OCEAN CITY — The Ocean City Fire Department is working on a project that could get help to an emergency situation quicker by utilizing resources outside the department.
During last week’s annual report on the seasonal performance of the Ocean City Fire Department (OCFD), Chief Chris Larmore explained the department is working on a project that could produce an app alerting town personnel and even outside resources, such as firefighters or paramedics vacationing in the resort, of a pending emergency in their immediate area.
“It’s one of about a dozen projects where we’re thinking out of the box, which is something we consistently do,” Larmore said. “We’re working on an alert program that’s about 90 percent complete that is very similar to the program many councilpersons have on their phone where they can go in and see a call.”
Larmore said under the proposed system, an alert would go out to current fire department members and members of other agencies who happen to be in the area of the emergency and offer assistance before the trained personnel can get there.
“This call will not only alert our on-duty personnel in advance, but also our off-duty personnel,” he said. “It lets them know geographically where they are in proximity to the call and the severity of the call.

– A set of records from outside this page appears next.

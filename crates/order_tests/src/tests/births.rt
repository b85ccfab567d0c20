use birth_marks::{Births, NoMemory, Slot};
use std::process::Abort;

const NAME: Slot = Slot::Name(0);

const PRINT: Slot = Slot::Print(1);

// Which of the values 0 to 3 are unborn.
fn unborn(births: &Births, slot: Slot) -> [bool; 4] {
    let mut found = [false; 4];
    for value in 0..4u32 {
        found[value as usize] = births.unborn(slot, value);
    }
    found
}

// A block takes page 1 and then page 2, with no write between: page 1 and its print were never on the device.
#[test]
fn made_and_unmade(rt: HostRuntime) -> Result<(), NoMemory> {
    let mut births = Births::new(rt.alloc());
    births.reserve(3)?;
    births.change(NAME, 1, 0, 1);
    births.change(PRINT, 3, 0, 1);
    assert!(&rt; unborn(&births, NAME) == [false, true, true, true]);
    assert!(&rt; unborn(&births, PRINT) == [false, true, true, true]);
    births.change(NAME, 1, 1, 2);
    assert!(&rt; unborn(&births, NAME) == [false, true, true, true]);
    Ok(())
}

// A try that failed may have been taken.
#[test]
fn failed_try(rt: HostRuntime) -> Result<(), NoMemory> {
    let mut births = Births::new(rt.alloc());
    births.reserve(2)?;
    births.change(NAME, 1, 0, 1);
    births.tried(1);
    births.fixed();
    assert!(&rt; unborn(&births, NAME) == [false, false, true, true]);
    births.change(NAME, 1, 1, 2);
    assert!(&rt; unborn(&births, NAME) == [false, false, true, true]);
    Ok(())
}

// A barrier settles a page that was written, but not one that was changed since.
#[test]
fn settled(rt: HostRuntime) -> Result<(), NoMemory> {
    let mut births = Births::new(rt.alloc());
    births.reserve(2)?;
    births.change(NAME, 1, 0, 1);
    births.tried(1);
    births.written(1);
    births.change(NAME, 1, 1, 2);
    births.fixed();
    assert!(&rt; unborn(&births, NAME) == [false, false, true, true]);
    births.tried(1);
    births.written(1);
    births.fixed();
    assert!(&rt; unborn(&births, NAME) == [false, false, false, false]);
    Ok(())
}
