// The graph beside a plain program over tables of marks and edges, and the levels of whole sessions.
use dep_graph::{Graph, Kind, NoMemory};
use std::alloc::Global;
use std::process::Abort;

const PAGES: usize = 5;

type Row = [bool; PAGES];

type Table = [Row; PAGES];

// Pages below `PAGES` with their marks, and the edges between them.
#[derive(Clone, Copy)]
struct Plain {
    dirty: Row,
    hung: Row,
    live: Table,
    barred: Table,
}

#[derive(Clone, Copy)]
enum Step {
    Enter(u32),
    Live(u32, u32),
    Barrier(u32, u32),
    Write(u32),
    Fix,
    Drop(u32),
}

fn marked(row: &Row, page: u32) -> bool {
    row.get(page as usize).copied().unwrap_or(false)
}

fn mark(row: &mut Row, page: u32, to: bool) {
    if (page as usize) < PAGES {
        row[page as usize] = to;
    }
}

fn linked(table: &Table, before: u32, after: u32) -> bool {
    match table.get(before as usize) {
        Some(row) => marked(row, after),
        None => false,
    }
}

fn link(table: &mut Table, before: u32, after: u32) {
    if (before as usize) < PAGES {
        mark(&mut table[before as usize], after, true);
    }
}

// From which page a way leads to which, by Warshall's rule.
fn ways(live: &Table) -> Table {
    let mut ways = *live;
    for by in 0..PAGES {
        for from in 0..PAGES {
            for to in 0..PAGES {
                if ways[from][by] && ways[by][to] {
                    ways[from][to] = true;
                }
            }
        }
    }
    ways
}

fn any_before(table: &Table, after: usize) -> bool {
    for before in 0..PAGES {
        if after < PAGES && table[before][after] {
            return true;
        }
    }
    false
}

impl Plain {
    fn is_ready(&self, page: usize) -> bool {
        page < PAGES
            && self.dirty[page]
            && !any_before(&self.live, page)
            && !any_before(&self.barred, page)
    }

    fn closes(&self, before: u32, after: u32) -> bool {
        before == after || linked(&ways(&self.live), after, before)
    }
}

impl Plain {
    // Levels found by so many rounds as a way can be long.
    fn levels(&self) -> u32 {
        let mut level = [0u32; PAGES];
        for _ in 0..PAGES {
            level = self.raised(level);
        }
        level.iter().copied().max().unwrap_or(0)
    }

    fn raised(&self, level: [u32; PAGES]) -> [u32; PAGES] {
        let mut next = level;
        for page in 0..PAGES {
            if self.dirty[page] || self.hung[page] {
                next[page] = self.level_after(&level, page);
            }
        }
        next
    }

    fn level_after(&self, level: &[u32; PAGES], page: usize) -> u32 {
        let mut most = 1;
        for before in 0..PAGES {
            if page < PAGES && self.live[before][page] {
                most = most.max(level[before].saturating_add(1));
            }
            if page < PAGES && self.barred[before][page] {
                most = most.max(2);
            }
        }
        most
    }

    fn write(&mut self, page: usize) {
        if page < PAGES {
            self.dirty[page] = false;
            self.hung[page] = true;
            for after in 0..PAGES {
                self.barred[page][after] = self.barred[page][after] || self.live[page][after];
                self.live[page][after] = false;
            }
        }
    }

    fn drop_node(&mut self, page: usize) {
        if page < PAGES {
            self.dirty[page] = false;
            self.live[page] = [false; PAGES];
        }
    }

    // Makes a step where its conditions hold, and says whether they do.
    fn step(&mut self, step: Step) -> bool {
        match step {
            Step::Enter(page) => mark(&mut self.dirty, page, true),
            Step::Live(before, after) => {
                if !marked(&self.dirty, before)
                    || !marked(&self.dirty, after)
                    || self.closes(before, after)
                {
                    return false;
                }
                link(&mut self.live, before, after);
            }
            Step::Barrier(before, after) => {
                if !marked(&self.hung, before) || !marked(&self.dirty, after) {
                    return false;
                }
                link(&mut self.barred, before, after);
            }
            Step::Write(page) => {
                if !self.is_ready(page as usize) {
                    return false;
                }
                self.write(page as usize);
            }
            Step::Fix => {
                self.hung = [false; PAGES];
                self.barred = [[false; PAGES]; PAGES];
            }
            Step::Drop(page) => {
                if !self.is_ready(page as usize) {
                    return false;
                }
                self.drop_node(page as usize);
            }
        }
        true
    }
}

pub fn enter(graph: &mut Graph, page: u32) -> Result<(), NoMemory> {
    graph.reserve(1, 0)?;
    graph.enter(page);
    Ok(())
}

pub fn add_live(graph: &mut Graph, before: u32, after: u32) -> Result<bool, NoMemory> {
    graph.reserve(0, 1)?;
    if !graph.is_dirty(before) {
        return Ok(false);
    }
    if !graph.is_dirty(after) {
        return Ok(false);
    }
    if graph.closes(before, after) {
        return Ok(false);
    }
    graph.add(before, after, Kind::Live);
    Ok(true)
}

fn add_barrier(graph: &mut Graph, before: u32, after: u32) -> Result<bool, NoMemory> {
    graph.reserve(0, 1)?;
    if !graph.is_hung(before) {
        return Ok(false);
    }
    if !graph.is_dirty(after) {
        return Ok(false);
    }
    graph.add(before, after, Kind::Barrier);
    Ok(true)
}

fn write(graph: &mut Graph, page: u32) -> bool {
    if !graph.ready(page) {
        return false;
    }
    graph.wrote(page);
    true
}

fn drop_node(graph: &mut Graph, page: u32) -> bool {
    if !graph.ready(page) {
        return false;
    }
    graph.drop_node(page);
    true
}

fn make(graph: &mut Graph, step: Step) -> Result<bool, NoMemory> {
    match step {
        Step::Enter(page) => {
            enter(graph, page)?;
            Ok(true)
        }
        Step::Live(before, after) => add_live(graph, before, after),
        Step::Barrier(before, after) => add_barrier(graph, before, after),
        Step::Write(page) => Ok(write(graph, page)),
        Step::Fix => {
            graph.barrier();
            Ok(true)
        }
        Step::Drop(page) => Ok(drop_node(graph, page)),
    }
}

fn count(row: &Row) -> u32 {
    let mut many = 0u32;
    for held in row {
        if *held {
            many = many.saturating_add(1);
        }
    }
    many
}

fn nodes(plain: &Plain) -> u32 {
    let mut many = 0u32;
    for page in 0..PAGES {
        if plain.dirty[page] || plain.hung[page] {
            many = many.saturating_add(1);
        }
    }
    many
}

// The least ready page from a number on that the table of ways leads from to the target, or any with no target.
fn first(plain: &Plain, from: u32, target: Option<u32>) -> Option<u32> {
    for page in 0..5u32 {
        let leads = match target {
            Some(target) => plain.closes(target, page),
            None => true,
        };
        if page >= from && plain.is_ready(page as usize) && leads {
            return Some(page);
        }
    }
    None
}

fn compare_marks(rt: &impl Abort, graph: &mut Graph, plain: &Plain) {
    for page in 0..5u32 {
        assert!(rt; graph.is_dirty(page) == marked(&plain.dirty, page));
        assert!(rt; graph.is_hung(page) == marked(&plain.hung, page));
        assert!(rt; graph.ready(page) == plain.is_ready(page as usize));
        assert!(rt; graph.first_ready(page) == first(plain, page, None));
        let waiting = plain.live.get(page as usize).map_or(0, count);
        assert!(rt; graph.waiters(page) == waiting);
    }
}

fn compare_ways(rt: &impl Abort, graph: &mut Graph, plain: &Plain) {
    for before in 0..5u32 {
        for after in 0..5u32 {
            assert!(rt; graph.closes(before, after) == plain.closes(before, after));
            let least = graph.first_ready_before(before, after);
            assert!(rt; least == first(plain, after, Some(before)));
        }
    }
}

// The first of some pages that is not below a number.
fn first_listed(listed: &[u32], from: u32) -> Option<u32> {
    for page in listed {
        if *page >= from {
            return Some(*page);
        }
    }
    None
}

// The ready pages, and those of them that lead to a page.
fn list_ready(alloc: Global, graph: &Graph) -> Result<Vec<u32>, NoMemory> {
    let Ok(mut listed) = Vec::with_capacity(alloc, graph.dirty() as usize) else {
        return Err(NoMemory);
    };
    graph.list_ready(&mut listed);
    Ok(listed)
}

fn list_before(alloc: Global, graph: &mut Graph, target: u32) -> Result<Vec<u32>, NoMemory> {
    let Ok(mut listed) = Vec::with_capacity(alloc, graph.dirty() as usize) else {
        return Err(NoMemory);
    };
    graph.list_ready_before(target, &mut listed);
    Ok(listed)
}

fn compare_listed(rt: &impl Abort, listed: &[u32], plain: &Plain, target: Option<u32>) {
    for from in 0..5u32 {
        assert!(rt; first_listed(listed, from) == first(plain, from, target));
    }
}

fn compare_lists(
    rt: &(impl Abort + AllocGlobal),
    graph: &mut Graph,
    plain: &Plain,
) -> Result<(), NoMemory> {
    let listed = list_ready(rt.alloc(), graph)?;
    compare_listed(rt, &listed, plain, None);
    for target in 0..5u32 {
        let listed = list_before(rt.alloc(), graph, target)?;
        compare_listed(rt, &listed, plain, Some(target));
    }
    Ok(())
}

fn compare_counts(rt: &impl Abort, graph: &mut Graph, plain: &Plain) {
    assert!(rt; graph.dirty() == count(&plain.dirty));
    assert!(rt; graph.hung() == count(&plain.hung));
    assert!(rt; graph.nodes() == nodes(plain));
    assert!(rt; graph.levels() == plain.levels());
}

fn run(rt: &(impl Abort + AllocGlobal), steps: &[Step]) -> Result<(), NoMemory> {
    let mut graph = Graph::new(rt.alloc());
    let mut plain = Plain {
        dirty: [false; PAGES],
        hung: [false; PAGES],
        live: [[false; PAGES]; PAGES],
        barred: [[false; PAGES]; PAGES],
    };
    for step in steps {
        let made = make(&mut graph, *step)?;
        assert!(rt; made == plain.step(*step));
        compare_marks(rt, &mut graph, &plain);
        compare_ways(rt, &mut graph, &plain);
        compare_lists(rt, &mut graph, &plain)?;
        compare_counts(rt, &mut graph, &plain);
    }
    Ok(())
}

#[test]
fn chain_and_cycles(rt: HostRuntime) -> Result<(), NoMemory> {
    run(
        &rt,
        &[
            Step::Enter(3),
            Step::Enter(1),
            Step::Enter(4),
            Step::Live(3, 1),
            Step::Live(1, 4),
            Step::Live(4, 3),
            Step::Live(1, 1),
            Step::Live(3, 4),
            Step::Live(2, 3),
            Step::Write(1),
            Step::Write(3),
            Step::Fix,
            Step::Write(1),
            Step::Fix,
            Step::Write(4),
            Step::Fix,
        ],
    )
}

#[test]
fn dirty_and_hung(rt: HostRuntime) -> Result<(), NoMemory> {
    run(
        &rt,
        &[
            Step::Enter(0),
            Step::Enter(2),
            Step::Live(0, 2),
            Step::Write(0),
            Step::Enter(0),
            Step::Live(0, 2),
            Step::Barrier(0, 4),
            Step::Enter(4),
            Step::Barrier(0, 4),
            Step::Write(0),
            Step::Enter(0),
            Step::Drop(0),
            Step::Enter(0),
            Step::Live(0, 4),
            Step::Fix,
            Step::Drop(2),
            Step::Drop(4),
            Step::Drop(0),
            Step::Drop(4),
        ],
    )
}

fn build(
    rt: &(impl Abort + AllocGlobal),
    pages: &[u32],
    edges: &[(u32, u32)],
) -> Result<Graph, NoMemory> {
    let mut graph = Graph::new(rt.alloc());
    for page in pages {
        enter(&mut graph, *page)?;
    }
    for (before, after) in edges {
        let added = add_live(&mut graph, *before, *after)?;
        assert!(rt; added);
    }
    Ok(graph)
}

// Pages, edges, the levels and the nodes of their graph, and the first ready page from a page on.
struct Worked {
    pages: &'static [u32],
    edges: &'static [(u32, u32)],
    levels: u32,
    nodes: u32,
    ready: &'static [(u32, Option<u32>)],
}

const WORKED: [Worked; 3] = [
    // A block that is written once, over 4 blocks and 4 pages: count page 2 and data page 4 come before map page 1 and print page 3.
    Worked {
        pages: &[1, 2, 3, 4],
        edges: &[(2, 1), (2, 3), (4, 1), (4, 3)],
        levels: 2,
        nodes: 4,
        ready: &[(0, Some(2)), (3, Some(4))],
    },
    // A block that is written anew where the old page's count lies in another count page: its release waits for the map and the print page.
    Worked {
        pages: &[1, 3, 4, 5, 11, 1042],
        edges: &[(1042, 1), (1042, 11), (4, 1), (4, 11), (1, 3), (5, 3)],
        levels: 3,
        nodes: 6,
        ready: &[(0, Some(4)), (5, Some(5)), (6, Some(1042))],
    },
    // A block that is written where the print page was put before count page 2, and was settled.
    Worked {
        pages: &[2, 1, 3, 6],
        edges: &[(2, 1), (2, 3), (6, 1), (6, 3)],
        levels: 2,
        nodes: 4,
        ready: &[(0, Some(2)), (3, Some(6))],
    },
];

#[test]
fn worked_graphs(rt: HostRuntime) -> Result<(), NoMemory> {
    for row in &WORKED {
        let mut graph = build(&rt, row.pages, row.edges)?;
        assert!(rt; graph.levels() == row.levels && graph.nodes() == row.nodes);
        for (from, page) in row.ready {
            assert!(rt; graph.first_ready(*from) == *page);
        }
    }
    Ok(())
}

// A print page that a release put before its count page: the other way round it would close, until it is settled.
#[test]
fn settled_print_page(rt: HostRuntime) -> Result<(), NoMemory> {
    run(
        &rt,
        &[
            Step::Enter(2),
            Step::Enter(3),
            Step::Live(3, 2),
            Step::Live(2, 3),
            Step::Write(3),
            Step::Fix,
            Step::Enter(1),
            Step::Enter(3),
            Step::Enter(4),
            Step::Live(2, 1),
            Step::Live(2, 3),
            Step::Live(4, 1),
            Step::Live(4, 3),
        ],
    )
}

It’s similar to the days when the volunteers carried portable pagers.”
Larmore said utilizing the alert system could greatly enhance response times, which, according to the report he provided to the Mayor and Council, has already dropped below four minutes this year.
“Imagine if that was to go out to all of the off-duty personnel or volunteers, or maybe the volunteers from surrounding areas that happen to be walking the Boardwalk,” he said. “It could go out to potentially other city employees, the beach patrol, mutual aid departments and even possibly members of the public that have the training for that call, be it a full cardiac arrest or other assistance that we need.”
Larmore described a recent situation during which a private citizen with the appropriate training was able to intervene in an emergency before OCFD staffers arrived on the scene.
“We had a very unfortunate incident a few weeks ago and it happened to be an ex-veteran of the military that was first on the scene and was able to apply a tourniquet,” he said. “It just happened to be someone nearby who had the training, saw the call and was able to help before we got there.”
Larmore added, “Imagine how far we can reach out to people who can offer resources to this town and this department. They can see where the calls are, the nature of the calls and the severity of the calls. We, as a command staff, with their permission of course, can track where those people and those resources are.”
The OCFD chief said the alert system is just one of the projects the department is working on to fully utilize potential resources.
“It could be an area where we can improve our response times,” he said. “It may not be a firefighter or a paramedic. It could be a beach patrol person or anyone with the training to get there quicker and safer. It’s just another way we’re looking at improving our performance.”